Multiple reports across the two decades show how much money was wasted in the country. Beyond direct military expenditures, the U.S. and its allies spent $133 billion on nonmilitary aid — more, adjusted for inflation, than the amount spent rebuilding Europe after World War II. One program was the Commander's Emergency Response Program, which was funded by Congress for $3.7 billion. The military could spend only $2.3 billion of the amount, and the Pentagon was able to provide financial details for only $890 million worth of projects in a 2015 audit. An unidentified NATO official called the program “a dark pit of endless money for anything with no accountability.”

One unnamed contractor said he was expected to distribute $3 million daily for projects in a single Afghan district roughly the size of a U.S. county. He once asked a visiting congressman whether he could responsibly spend that kind of money back home: “He said hell no. ‘Well, sir, that’s what you just obligated us to spend, and I’m doing it for communities that live in mud huts with no windows.’ ”

The money fueled corruption in the country, from President Hamid Karzai stuffing the ballot box for his 2009 reelection to Karzai’s brother and other political allies receiving hundreds of millions in loans from the country’s largest bank. In addition, politicians (including Karzai, who said the CIA delivering bags of cash to his office was “nothing unusual”) and warlords received large sums intended to keep them on the United States’ side. Some officials said that by distributing the money in Afghanistan instead of to consultants in Washington, it at least had a chance of having a positive effect. 

“I want it to disappear in Afghanistan, rather than in the Beltway,” said Richard Boucher, who served as assistant secretary of state for South Asia during the Bush administration. “Probably in the end it is going to make sure that more of the money gets to some villager, maybe through five layers of corrupt officials, but still gets to some villager.” 

Since 2001, the United States has spent nearly $9 billion on attempted drug enforcement in the country, whose poppy fields supply 80 percent of the world’s heroin. Despite that massive investment, SIGAR described the efforts as a “failure” in a report last year.

Those interviewed by SIGAR recounted smaller examples of money being spent to no end: One Army brigade built 50 schools, but due to a lack of teachers, many of the buildings were not used and some were even turned into bomb workshops for the Taliban. Lute, the general who worked under both the Bush and Obama administrations, told a story of a new police station opening that included an atrium, but the chief couldn’t open the door because he had never seen a doorknob like it.

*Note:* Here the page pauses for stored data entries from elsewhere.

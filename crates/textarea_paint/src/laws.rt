//! Laws of drawing. Each is the contract of a function without a body.
ghost use Rattle.std.specs.Prelude.{ℕ, List, filter};
ghost use Rattle.textarea_paint.specs.Prelude.{Cluster, IsLongestFront, fitting, is_no_wider};

/// With a line in the middle or at the right of an area, only clusters no wider than the area are
/// drawn, and of these the longest prefix whose widths sum to at most the area's width.
pub fn longest_front_is_drawn()
    ensures { (width : ℕ) (clusters : List Cluster) →
        IsLongestFront width (filter (is_no_wider width) clusters) (fitting width clusters) }
{}
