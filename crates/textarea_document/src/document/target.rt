//! The targets of cursor moves.
ghost use Rattle.std.specs.Prelude.{◌≡◌, IfSome};
ghost use Rattle.textarea_document.specs.Prelude.{IsPlace, IsDocumentTarget};

use crate::document::Document;
use crate::ends::previous_place;
use crate::paragraphs::{paragraph_back, paragraph_forward};
use crate::words::{word_back, word_end, word_forward};
use textarea_data::cursor::CursorMove;
use textarea_text::places::{clip, last_row, line_end};

impl Document {
    /// Returns the target of the move from the cursor. `None` if there is none: for Forward at the
    /// text's end, for Back at its start, for Up in the first visual row, for Down in the last one,
    /// and for ParagraphBack in the first line. `None` also for InViewport, as a document has no
    /// viewport. Forward reads of a long line only the text from the nearest known position on.
    pub fn target(&self, cursor_move: CursorMove) -> Option<(usize, usize)>
        ensures value { IsDocumentTarget self.now cursor_move result }
        ensures place { IfSome result (IsPlace self.now.text) }
    {
        let lines = self.lines();
        let cursor = self.cursor();
        let (row, column) = cursor;
        match cursor_move {
            CursorMove::Forward => Some(self.symbol_after_cursor()?.end),
            CursorMove::Back => previous_place(lines, cursor),
            CursorMove::Up => self.above(),
            CursorMove::Down => self.below(),
            CursorMove::Head => Some((row, 0)),
            CursorMove::End => Some(line_end(lines, row)),
            CursorMove::Top => Some(clip(lines, (0, column))),
            CursorMove::Bottom => Some(clip(lines, (last_row(lines), column))),
            CursorMove::WordForward => Some(word_forward(lines, cursor)),
            CursorMove::WordEnd => Some(word_end(lines, cursor)),
            CursorMove::WordBack => Some(word_back(lines, cursor)),
            CursorMove::ParagraphForward => Some(paragraph_forward(lines, cursor)),
            CursorMove::ParagraphBack => paragraph_back(lines, cursor),
            CursorMove::Jump(row, column) => {
                Some(clip(lines, (usize::from(row), usize::from(column))))
            }
            CursorMove::InViewport => None,
        }
    }
}
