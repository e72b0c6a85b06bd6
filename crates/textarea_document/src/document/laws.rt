//! Laws of documents, each the contract of a function that only reads.
ghost use Rattle.std.specs.Prelude.{◌≡◌, ◌≤◌, ◌<◌, ℕ, Bool};
ghost use Rattle.textarea_document.specs.Prelude.{Fits, Splice, done_groups, HasEffect, EditStep, splice_of_step, RestoresAll, RestoresDocument, ListsFit, after_edit, SplitsNoRange, IsSound};

use crate::document::Document;

impl Document {
    /// The law of undo, for every document: `count` undos, at most one for each done group, give the
    /// text before the edits of the last `count` groups; then `count` redos restore the text and
    /// both lists of edits, and leave the cursor where the newest edit leaves it. An edit that is in
    /// no group with another counts as a group.
    pub fn undos_restore(&self)
        ensures { (count : ℕ) → count ≤ done_groups self.now.log → RestoresDocument self.now count }
    {
        let _ = &self.history; // by the invariant each edit can be undone
    }

    /// The law of one edit, for every document that remembers edits: after each edit that fits the
    /// text, an undo of its group and a redo restore the text, both lists of edits, and the cursor.
    pub fn redo_restores_all(&self)
        ensures { (splice : Splice) (typed : Bool) (now : ℕ) →
            Fits self.now.text splice → 0 < self.now.log.maximum →
            RestoresAll (after_edit self.now splice typed now) }
    {
        let _ = &self.history; // by the invariant each edit can be undone
    }

    /// The law of both lists, for every document: the done edits can be undone one after another,
    /// the newest first, and the undone ones redone, the next one first. Each has at least one
    /// symbol, and fits the text at that time.
    pub fn edits_fit(&self)
        ensures { ListsFit self.now }
    {
        let _ = &self.history; // by the invariant each edit can be undone
    }

    /// In every document the cursor and the anchor are positions of the text, the ranges are valid
    /// for it and sorted, the done edits can be undone and the undone ones redone, both lists
    /// together are at most the maximum, and no group is undone partly.
    pub fn is_sound(&self)
        ensures { IsSound self.now }
    {
        let _ = &self.history; // it is the invariant
    }

    /// The law of atomic ranges, for every document: each insertion or removal of a call fits the
    /// text, removes each range completely or not at all, and inserts nothing strictly inside one.
    pub fn steps_split_no_range(&self)
        ensures fits { (step : EditStep) → HasEffect self.now step →
            Fits self.now.text (splice_of_step self.now step) }
        ensures splits_none { (step : EditStep) → HasEffect self.now step →
            SplitsNoRange self.now.ranges (splice_of_step self.now step) }
    {
        let _ = &self.ranges; // by the invariant they are valid for the text
    }
}
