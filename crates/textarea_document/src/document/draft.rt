//! A copy of a document, in which the edits of a group are undone or redone one after another.
ghost use Rattle.std.specs.Prelude.{◌≡◌, OnOk, OnErr};
ghost use Rattle.textarea_document.specs.Prelude.{edit_redone, edit_undone, times};

use crate::document::changes::ChangeLog;
use crate::document::range_history::RangeHistory;
use crate::document::undo::{redo_edit, undo_edit};
use std::alloc::AllocError;
use std::marker::Model;
use textarea_data::range::AtomicRange;
use textarea_history::history::History;
use textarea_lines::text_layout::TextLayout;

/// What a document consists of. Unlike in a document, a group may be undone partly.
#[derive(Drop)]
pub(crate) struct Draft {
    pub(crate) text_layout: TextLayout,
    pub(crate) cursor: (usize, usize),
    pub(crate) anchor: Option<(usize, usize)>,
    pub(crate) ranges: Vec<AtomicRange>,
    pub(crate) history: History,
    pub(crate) changes: ChangeLog,
    pub(crate) range_history: RangeHistory,
}

impl Model for Draft {
    ghost use Rattle.textarea_document.specs.ChangeLog.{changes_of};
    ghost use Rattle.textarea_document.specs.RangeHistory.{past_of};
    ghost use Rattle.textarea_document.specs.DocumentState.{DocumentState, document_of};

    ghost Value = { DocumentState };

    ghost use Rattle.textarea_document.specs.Sound.{IsSoundInside};

    ghost view = { λ draft.
        document_of draft.text_layout draft.cursor draft.anchor draft.ranges.items
        draft.history.log (changes_of draft.changes) (past_of draft.range_history) };

    ghost invariant = { λ draft. IsSoundInside
        (document_of draft.text_layout draft.cursor draft.anchor draft.ranges.items
        draft.history.log (changes_of draft.changes) (past_of draft.range_history)) };
}

impl Draft {
    /// Undoes the newest edits, `count` in number, or all if they are fewer.
    pub(crate) fn undo_edits(&mut self, count: usize) -> Result<(), AllocError>
        ensures { OnOk result (self.new ≡ times count edit_undone self.old) }
    {
        for _ in 0..count {
            self.undo_edit()?;
        }
        Ok(())
    }

    /// Redoes the edits that were undone last, `count` in number, or all if they are fewer.
    pub(crate) fn redo_edits(&mut self, count: usize) -> Result<(), AllocError>
        ensures { OnOk result (self.new ≡ times count edit_redone self.old) }
    {
        for _ in 0..count {
            self.redo_edit()?;
        }
        Ok(())
    }

    // Undoes the newest edit, and returns whether there was one.
    fn undo_edit(&mut self) -> Result<bool, AllocError>
        ensures ok { OnOk result (self.new ≡ edit_undone self.old) }
        ensures err { OnErr result (self.new ≡ self.old) }
    {
        undo_edit(
            &mut self.text_layout,
            &mut self.cursor,
            &mut self.anchor,
            &mut self.ranges,
            &mut self.history,
            &mut self.changes,
            &self.range_history,
        )
    }

    // Redoes the edit that was undone last, and returns whether there was one.
    fn redo_edit(&mut self) -> Result<bool, AllocError>
        ensures ok { OnOk result (self.new ≡ edit_redone self.old) }
        ensures err { OnErr result (self.new ≡ self.old) }
    {
        redo_edit(
            &mut self.text_layout,
            &mut self.cursor,
            &mut self.anchor,
            &mut self.ranges,
            &mut self.history,
            &mut self.changes,
            &self.range_history,
        )
    }
}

“We are a rich country and can pour money down a hole and it doesn’t bust the bank. But should we? Can’t we get a bit more rational about this?” said Lute.

“What did we get for this $1 trillion effort? Was it worth $1 trillion?” Jeffrey Eggers, a retired Navy SEAL and White House staffer for Bush and Obama, told government interviewers, adding, “After the killing of Osama bin Laden, I said that Osama was probably laughing in his watery grave considering how much we have spent on Afghanistan.”

The current Trump policy on Afghanistan is muddled: The U.S. commander in Afghanistan has said the number of U.S. troops in the country has been reduced by 2,000 over the past year, but Trump abruptly cut off peace talks with the Taliban in September before saying they were back on last month. He has called for a ceasefire, but experts say there would be little compelling the Taliban to accept that concession.

“The Americans walked away from the negotiating table, and now the ball is on their side — it is up to them to come back if they want to solve this and get the document to signing and to the stage of implementation,” Suhail Shaheen, a member of the Taliban’s negotiation team, told the New York Times. “Our positions remain the same.”